Posso processar o banco por retenção do salário?
























Posso processar o banco por retenção do meu salário?

Resposta direta

Sim, em regra. É cabível ação judicial contra o banco em casos de retenção abusiva de salário, fundada na impenhorabilidade (CPC art. 833 IV), na responsabilidade do fornecedor (CDC art. 14) e na possibilidade de devolução em dobro (Tema 929 STJ). Em casos urgentes, cabe tutela de urgência.

Cabimento: em regra, sim. Há ação judicial cabível contra o banco em casos de retenção abusiva de salário, fundada na impenhorabilidade (CPC art. 833 IV) e na responsabilidade do fornecedor por cobrança indevida (CDC art. 14 + Súmula 479 STJ).

Bases legais: art. 833 IV do CPC (impenhorabilidade absoluta do salário), CDC arts. 6º, 14, 42 par. único, Tema 929 STJ (devolução em dobro) e Tema 1085 STJ (revogabilidade da autorização de débito em conta corrente pelo titular).

Encaminhamento: reunir extratos, holerite e notificação extrajudicial via Correios com AR; em casos urgentes e bem documentados, é possível pedir tutela de urgência (CPC art. 300). Resultados variam conforme prova, banco envolvido e órgão julgador (Provimento OAB 205/2021).

Traduzindo: há precedentes reconhecendo dano moral presumido especialmente em hipóteses de retenção integral ou bloqueio relevante da verba alimentar. O próprio fato de ter o salário tomado já configura o dano moral.
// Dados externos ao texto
//! Workers that draw games and make an output of each.
ghost use Rattle.std.specs.Prelude.{◌≡◌, ◌++◌, ◌<◌, ◌≤◌, ◌^◌, [], length, All, IfOk, OnOk};
ghost use Rattle.cq_board.specs.Seats.{numbers_of, seats_of, IsSeatOf, drawn, HasEnded};
ghost use Rattle.cq_workers.specs.Internal.WorkerStates.{HasWorked, IsFresh, IsThrough};
ghost use Rattle.cq_workers.specs.Outputs.{AreOutputsOf, option_list};

use crate::game_task::GameTask;
use crate::starting::for_each_started;
use cq_board::{Board, ClaimSeat};
use cq_common::NoMemory;
use std::alloc::Global;
use std::thread::Threads;

/// A worker: its seat at the board, its state, and its outputs so far. A worker that is out of memory stops.
#[derive(Drop)]
pub(crate) struct Worker<K, X> {
    pub(crate) seat: ClaimSeat,
    pub(crate) kept: K,
    pub(crate) made: Vec<X>,
    pub(crate) is_out_of_memory: bool,
}

/// The states of so many workers that keep none.
///
/// # Errors
///
/// `NoMemory` if out of memory.
pub fn unit_states(alloc: Global, workers: u32) -> Result<Vec<()>, NoMemory>
    ensures { IfOk result (λ kept. length kept.items ≡ workers) }
{
    let mut kept = Vec::with_capacity(alloc, workers as usize)?;
    for _worker in 0..workers {
        kept.push(())?;
    }
    Ok(kept)
}

/// The outputs of all games, and the last states of workers that begin with these. They draw the games one by one. If a thread can't be
/// started, the call doesn't fail: this thread does that worker's work, after that of the later workers.
///
/// # Errors
///
/// `NoMemory` if a worker, or the call itself, is out of memory; there is no output then.
pub fn run_workers<R: Threads + Sync, M: GameTask + Sync>(
    rt: &R,
    alloc: Global,
    task: &M,
    kept: Vec<M::State>,
) -> Result<(Vec<M::State>, Vec<M::Output>), NoMemory>
    requires games { M.games task.now ≤ 2 ^ 32 }
    requires workers { (1 ≤ length kept.items) × (length kept.items ≤ 64) }
    requires nothing { All (λ k. M.has_outputs task.now k [] []) kept.items }
    ensures made { IfOk result (λ r. AreOutputsOf (M.has_outputs task.now) (M.games task.now) r.0.items r.1.items) }
    ensures count { IfOk result (λ r. length r.0.items ≡ length kept.items) }
{
    let (board, seats) = Board::make(alloc, task.len(), kept.len() as u32)?;
    let mut slots = seat_workers(alloc, task, &board, seats, kept)?;
    for_each_started(
        rt,
        slots.as_mut_slice(),
        &|me: usize, worker: &mut Worker<M::State, M::Output>|
            requires games { numbers_of board ≡ M.games task.now }
            requires fresh { IsFresh (M.has_outputs task.now) board worker.old }
        { work(alloc, task, &board, me as u64, worker) },
    );
    collect_outputs(alloc, task, board, slots)
}

// A worker at each seat.
fn seat_workers<M: GameTask>(
    alloc: Global,
    task: &M,
    board: &Board,
    seats: Vec<ClaimSeat>,
    kept: Vec<M::State>,
) -> Result<Vec<Worker<M::State, M::Output>>, NoMemory>
    requires seats { All (λ s. IsSeatOf board.now s × (drawn s ≡ []) × (HasEnded s → ⊥)) seats.items }
    requires nothing { All (λ k. M.has_outputs task.now k [] []) kept.items }
    requires count { length kept.items ≡ length seats.items }
    ensures fresh { IfOk result (λ slots. All (IsFresh (M.has_outputs task.now) board.now) slots.items) }
    ensures count { IfOk result (λ slots. length slots.items ≡ length seats.items) }
{
    let mut seats = seats;
    let mut kept = kept;
    let mut slots = Vec::with_capacity(alloc, seats.len())?;
    while let Some(seat) = seats.pop() {
        let Some(own) = kept.pop() else {
            unreachable!()
        };
        slots.push(Worker {
            seat,
            kept: own,
            made: Vec::new(alloc),
            is_out_of_memory: false,
        })?;
    }
    Ok(slots)
}

// Draws games until none is left, or the worker is out of memory.
fn work<M: GameTask>(
    alloc: Global,
    task: &M,
    board: &Board,
    me: u64,
    worker: &mut Worker<M::State, M::Output>,
)
    requires games { numbers_of board.now ≡ M.games task.now }
    requires fresh { IsFresh (M.has_outputs task.now) board.now worker.old }
    ensures { HasWorked (M.has_outputs task.now) board.now worker.new }
{
    worker.is_out_of_memory = draw_all(alloc, task, board, me, worker).is_err();
}

// Draws games and makes an output of each until the seat draws `None`.
fn draw_all<M: GameTask>(
    alloc: Global,
    task: &M,
    board: &Board,
    me: u64,
    worker: &mut Worker<M::State, M::Output>,
) -> Result<(), NoMemory>
    requires games { numbers_of board.now ≡ M.games task.now }
    requires fresh { IsFresh (M.has_outputs task.now) board.now worker.old }
    ensures { OnOk result (IsThrough (M.has_outputs task.now) board.now worker.new) }
{
    for _turn in 0..task.len() + 1 {
        let Some(number) = board.claim(&mut worker.seat) else {
            return Ok(());
        };
        let one = task.make(alloc, me, number, &mut worker.kept)?;
        keep(&mut worker.made, one)?;
    }
    Ok(())
}

// Keeps the output, if there is one.
fn keep<X: Drop>(made: &mut Vec<X>, one: Option<X>) -> Result<(), NoMemory>
    ensures { OnOk result (made.new.items ≡ made.old.items ++ option_list one) }
{
    match one {
        Some(one) => Ok(made.push(one)?),
        None => Ok(()),
    }
}

// The outputs and states of all workers, once they have ended.
fn collect_outputs<M: GameTask>(
    alloc: Global,
    task: &M,
    board: Board,
    slots: Vec<Worker<M::State, M::Output>>,
) -> Result<(Vec<M::State>, Vec<M::Output>), NoMemory>
    requires games { numbers_of board ≡ M.games task.now }
    requires worked { All (HasWorked (M.has_outputs task.now) board) slots.items }
    requires count { length slots.items ≡ seats_of board }
    ensures made { IfOk result (λ r. AreOutputsOf (M.has_outputs task.now) (M.games task.now) r.0.items r.1.items) }
    ensures count { IfOk result (λ r. length r.0.items ≡ seats_of board) }
{
    let mut slots = slots;
    let mut seats = Vec::with_capacity(alloc, slots.len())?;
    let mut kept = Vec::with_capacity(alloc, slots.len())?;
    let mut made = Vec::new(alloc);
    while let Some(worker) = slots.pop() {
        if worker.is_out_of_memory {
            return Err(NoMemory);
        }
        let mut more = worker.made;
        made.append(&mut more)?;
        seats.push(worker.seat)?;
        kept.push(worker.kept)?;
    }
    board.close(seats)?;
    Ok((kept, made))
}
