//! Tests of the crates of chess and of PGN, and of those that know neither: vectors from outside, calls that no program makes, and laws.
#![tactic(auto)]

#[cfg(test)]
mod calls;
#[cfg(test)]
mod faults;
#[cfg(test)]
mod finds;
#[cfg(test)]
mod laws;
#[cfg(test)]
mod lexer;
#[cfg(test)]
mod maker;
#[cfg(test)]
mod moves;
#[cfg(test)]
mod sent;
#[cfg(test)]
mod trees;
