//! Calls at the elements of a slice, each of several in a thread of its own.
ghost use Rattle.std.specs.Prelude.{◌≡◌, ◌+◌, ◌<◌, ◌≤◌, ◌^◌, ℕ, length};
ghost use Rattle.std.specs.Thread.{IsSend, IsSync};
ghost use Rattle.std.specs.Fork.{AcceptsAt, AcceptsEach, ChangesEach};
ghost use Rattle.cq_workers.specs.Internal.Starts.{AcceptsFrom, ChangesFrom, MayLeave};

use std::thread;
use std::thread::{Threads, join_mut};

/// Calls `f(i, &mut all[i])` at each place. A single call is made in this thread, each of several in a new one. If a thread can't be
/// started, its call is made in this one, after the calls at later places.
///
/// Of several calls this thread makes none that can have a thread of its own. A new thread may be put on the processor of the one that
/// starts it, and would wait there while that one works.
pub(crate) fn for_each_started<R: Threads + Sync, T: Send, F: Fn(usize, &mut T) + Sync>(
    rt: &R,
    all: &mut [T],
    f: &F,
)
    requires accepts { AcceptsEach F.Fn f.now all.old }
    ensures { ChangesEach F.Fn f.now all.old all.new }
{
    if all.len() < 2 {
        return thread::for_each_mut(rt, all, 1, f);
    }
    start_all(rt, f, 0, all);
}

// Starts the calls at elements that are numbered from `i` on.
#[cycle(starts)]
fn start_all<R: Threads + Sync, T: Send, F: Fn(usize, &mut T) + Sync>(
    rt: &R,
    f: &F,
    i: usize,
    all: &mut [T],
)
    requires few { i + length all.old < 2 ^ 64 }
    requires accepts { AcceptsFrom F.Fn f.now i all.old }
    ensures { ChangesFrom F.Fn f.now i all.old all.new }
{
    if let Some((first, rest)) = all.split_first_mut() {
        start_one(rt, f, i, first, rest);
    }
}

// Starts the call at an element, and then those at the rest.
#[cycle(starts)]
fn start_one<R: Threads + Sync, T: Send, F: Fn(usize, &mut T) + Sync>(
    rt: &R,
    f: &F,
    i: usize,
    first: &mut T,
    rest: &mut [T],
)
    requires few { i + 1 + length rest.old < 2 ^ 64 }
    requires accepts { AcceptsAt F.Fn f.now i first.old }
    requires accepts_rest { AcceptsFrom F.Fn f.now (i + 1) rest.old }
    ensures changes { MayLeave F.Fn f.now i first.old first.new }
    ensures changes_rest { ChangesFrom F.Fn f.now (i + 1) rest.old rest.new }
{
    let mut one = ||
        requires { IsSync F.row × IsSend T.row × AcceptsAt F.Fn f.now i first.now }
        ensures { MayLeave F.Fn f.entry.now i first.entry.now first.exit.now }
    { call_at(f, i, first) };
    let mut others = ||
        requires { IsSync R.row × IsSync F.row × IsSend T.row × (i + 1 + length rest.now < 2 ^ 64)
            × AcceptsFrom F.Fn f.now (i + 1) rest.now }
        ensures { ChangesFrom F.Fn f.entry.now (i + 1) rest.entry.now rest.exit.now }
    { start_all(rt, f, i + 1, rest) };
    join_mut(rt, &mut one, &mut others);
}

#[tactic(auto, unfolding(crate::specs::Internal::Starts::MayLeave))]
fn call_at<T, F: Fn(usize, &mut T)>(f: &F, i: usize, x: &mut T)
    requires { AcceptsAt F.Fn f.now i x.old }
    ensures { MayLeave F.Fn f.now i x.old x.new }
{
    f(i, x);
}
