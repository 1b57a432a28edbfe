//! Texts that are no position and no move, by messages that no process tells.
use cq_position::read_fen;
use cq_san::read_san;
use std::alloc::Global;
use std::test::Fail;

const FIELDS: &str = "not six fields, nor four";

const PLACEMENT: &str = "the men do not fill eight ranks of eight squares";

const NUMBER: &str = "a number is not 1 to 9 digits";

/// A text that is no position, and the message of its fault.
static POSITIONS: [(&[u8], &str); 13] = [
    (b"", FIELDS),
    (b"8/8/8/8/8/8/8/K1k5 w - - 0", FIELDS),
    (b"8/8/8/8/8/8/7K1/8 x x e4 x x", PLACEMENT),
    (b"8/8/8/8/8/8/K1k5/ w - - 0 1", PLACEMENT),
    (
        b"8/8/8/8/8/8/8/P7 W x e4 x x",
        "the side to move is neither w nor b",
    ),
    (
        b"8/8/8/8/8/8/8/P7 w K- e4 x x",
        "the rights to castle are neither - nor letters of KQkq",
    ),
    (
        b"8/8/8/8/8/8/8/P7 w K e4 x x",
        "the en passant square is neither - nor a square of rank 3 or 6",
    ),
    (b"8/8/8/8/8/8/8/P7 w K - x 1", NUMBER),
    (b"8/8/8/8/8/8/8/P7 w K - 0 1234567890", NUMBER),
    (b"8/8/8/8/8/8/8/P7 w K - 0 1", "not one king of each side"),
    (
        b"8/8/NNNNNNNN/NNNNNNNN/8/8/8/PKk5 w K - 0 1",
        "a pawn on the first or the last rank",
    ),
    (
        b"8/8/NNNNNNNN/NNNNNNNN/8/8/8/1Kk5 w K - 0 1",
        "more than sixteen men of one side",
    ),
    (
        b"4k3/8/8/8/8/8/8/4RK2 w - - 0 1",
        "the side not to move is in check",
    ),
];

fn is_no_position(alloc: Global, text: &[u8], message: &str) -> Result<bool, Fail> {
    match read_fen(text) {
        Ok(_) => Ok(false),
        Err(fault) => Ok(format!(in alloc; "{fault}")?.as_str() == message),
    }
}

#[test]
fn texts_are_no_positions_for_their_reasons(rt: HostRuntime) -> Result<(), Fail> {
    for (text, message) in POSITIONS.iter() {
        assert!(rt; is_no_position(rt.alloc(), text, message)?);
    }
    Ok(())
}

/// After 1. d4 d5 2. Nf3 Nf6.
const KNIGHTS: &[u8] = b"rnbqkb1r/ppp1pppp/5n2/3p4/3P4/5N2/PPP1PPPP/RNBQKB1R w KQkq - 2 3";

const NO_MOVE: &str = "the text is no move";

/// A text that is no move there, and the message of its fault: the last four are in no archive.
static MOVES: [(&[u8], &str); 6] = [
    (b"Nd2", "more than one legal move fits the text"),
    (b"Nd3", "no legal move fits the text"),
    (b"", NO_MOVE),
    (b"+", NO_MOVE),
    (b"e3 ", NO_MOVE),
    (b"--+", NO_MOVE),
];

fn is_no_move(alloc: Global, text: &[u8], message: &str) -> Result<bool, Fail> {
    match read_san(&read_fen(KNIGHTS)?, text) {
        Ok(_) => Ok(false),
        Err(fault) => Ok(format!(in alloc; "{fault}")?.as_str() == message),
    }
}

#[test]
fn texts_are_no_moves_for_their_reasons(rt: HostRuntime) -> Result<(), Fail> {
    for (text, message) in MOVES.iter() {
        assert!(rt; is_no_move(rt.alloc(), text, message)?);
    }
    Ok(())
}
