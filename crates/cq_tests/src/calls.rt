//! Calls that no program makes.
use cq_bits::{attackers, slide};
use cq_geometry::{Square, is_light, king_steps, knight_steps, ray};
use cq_position::{Man, Position, material, read_fen};
use std::mem::size_of;
use std::test::Fail;

/// A square, and true if it is light: a1, h1, d1, e1 and h8.
static LIGHT: [(u8, bool); 5] = [(0, false), (7, true), (3, true), (4, false), (63, false)];

fn has_its_colour(number: u8, light: bool) -> bool {
    number < 64 && is_light(Square::new(number)) == light
}

#[test]
fn light_squares_are_where_the_laws_of_chess_put_them(rt: HostRuntime) {
    for (number, light) in LIGHT.iter() {
        assert!(rt; has_its_colour(*number, *light));
    }
}

// Returns the numbers of steps of a knight on b1 and of a king on e1, and of squares from c1 up to h6.
fn count_steps() -> (usize, usize, usize) {
    let knight = knight_steps(Square::new(1)).len();
    let king = king_steps(Square::new(4)).len();
    (knight, king, ray::<1, 1>(Square::new(2)).len())
}

// Returns the number of White's pawns at the start, and of empty squares.
fn count_men() -> (u32, u32) {
    let start = Position::start();
    (material(&start, Man::P), material(&start, Man::Empty))
}

// A rook on a1 slides to b1, c1 and d1, if all squares but d1 are empty.
#[test]
fn steps_slides_and_men_are_as_many_as_at_the_start(rt: HostRuntime) {
    assert!(rt; count_steps() == (3, 5, 5));
    assert!(rt; count_men() == (8, 32));
    assert!(rt; slide::<1, 0>(1, !8) == 14);
}

fn attackers_at(fen: &[u8], squares: u64) -> Result<u64, Fail> {
    Ok(attackers(&read_fen(fen)?, squares))
}

// The queen on e2 and the pawn on d4 attack e5; the rook is behind the queen.
#[test]
fn attackers_of_a_square_are_those_that_attack_it(rt: HostRuntime) -> Result<(), Fail> {
    let fen = b"4k3/8/8/8/3P4/2N5/4Q3/4R1K1 b - - 0 1";
    assert!(rt; attackers_at(fen, 1 << 36)? == 1 << 27 | 1 << 12);
    Ok(())
}

// A game keeps a position for each of its moves.
#[test]
fn a_position_is_small(rt: HostRuntime) {
    assert!(rt; size_of::<Man>() == 1 && size_of::<Position>() <= 80);
}
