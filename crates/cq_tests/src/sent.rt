//! Types that threads may share, and types that one may hand to another.
use arrayvec::ArrayVec;
use cq_board::{Board, ClaimSeat};
use cq_first::{FirstBoard, FirstSeat};
use cq_geometry::{Compass, Square};
use cq_position::{FenFault, Move, Position};
use pgn_lexer::{Reading, Token};

fn is_shared<T: Send + Sync>() {}

fn is_sent<T: Send>() {}

#[test]
fn threads_may_share_and_hand_on() {
    is_shared::<Square>();
    is_shared::<Compass>();
    is_shared::<ArrayVec<Square, 8>>();
    is_shared::<Position>();
    is_shared::<Move>();
    is_shared::<FenFault>();
    is_shared::<Token>();
    is_shared::<Reading>();
    is_shared::<Board>();
    is_shared::<FirstBoard>();
    is_sent::<ClaimSeat>();
    is_sent::<FirstSeat>();
}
Os três pedidos típicos da ação judicial

  1. Tutela de urgência (CPC art. 300): suspensão imediata da retenção. Probabilidade do direito vem da Resolução BCB 4.790/2020 art. 6º + CPC art. 833 IV; perigo da demora é a privação de meios para alimentação.
  2. Restituição do valor: em dobro pelo CDC art. 42 § único, com modulação Tema 929 STJ aplicável (cobrança posterior a 30/03/2021 dispensa prova de má-fé).
  3. Indenização por danos morais: presumida (in re ipsa), conforme jurisprudência dominante do STJ sobre retenção integral ou indevida do salário.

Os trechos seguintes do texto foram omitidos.